→ WORK TO BE COMPLETED: Below is a block of records; please copy all of them exactly.

→ PROVIDED DATA:

▬▬▬▬▬▬

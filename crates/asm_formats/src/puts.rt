//! What a disk says at each moment while a claim, a status record or a header is put. Each law is
//! the contract of a function that does nothing.

ghost use Rattle.asm_formats.specs.Puts.{ClaimPut, HeaderPut, StatusPut};

/// One claim slot says what it said, nothing, or the new claim, and all else stays.
pub fn claim_put()
    ensures { ClaimPut }
{}

/// One status slot says what it said, nothing, or the new record, and all else stays.
pub fn status_put()
    ensures { StatusPut }
{}

/// The disk says what it said, has no header, or has the new one.
pub fn header_put()
    ensures { HeaderPut }
{}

▬▬▬▬▬▬

→ EXPECTED ANSWER:
filename crates/asm_formats/src/puts.rt
//! What a disk says at each moment while a claim, a status record or a header is put. Each law is
//! the contract of a function that does nothing.

ghost use Rattle.asm_formats.specs.Puts.{ClaimPut, HeaderPut, StatusPut};

/// One claim slot says what it said, nothing, or the new claim, and all else stays.
pub fn claim_put()
    ensures { ClaimPut }
{}

/// One status slot says what it said, nothing, or the new record, and all else stays.
pub fn status_put()
    ensures { StatusPut }
{}

/// The disk says what it said, has no header, or has the new one.
pub fn header_put()
    ensures { HeaderPut }
{}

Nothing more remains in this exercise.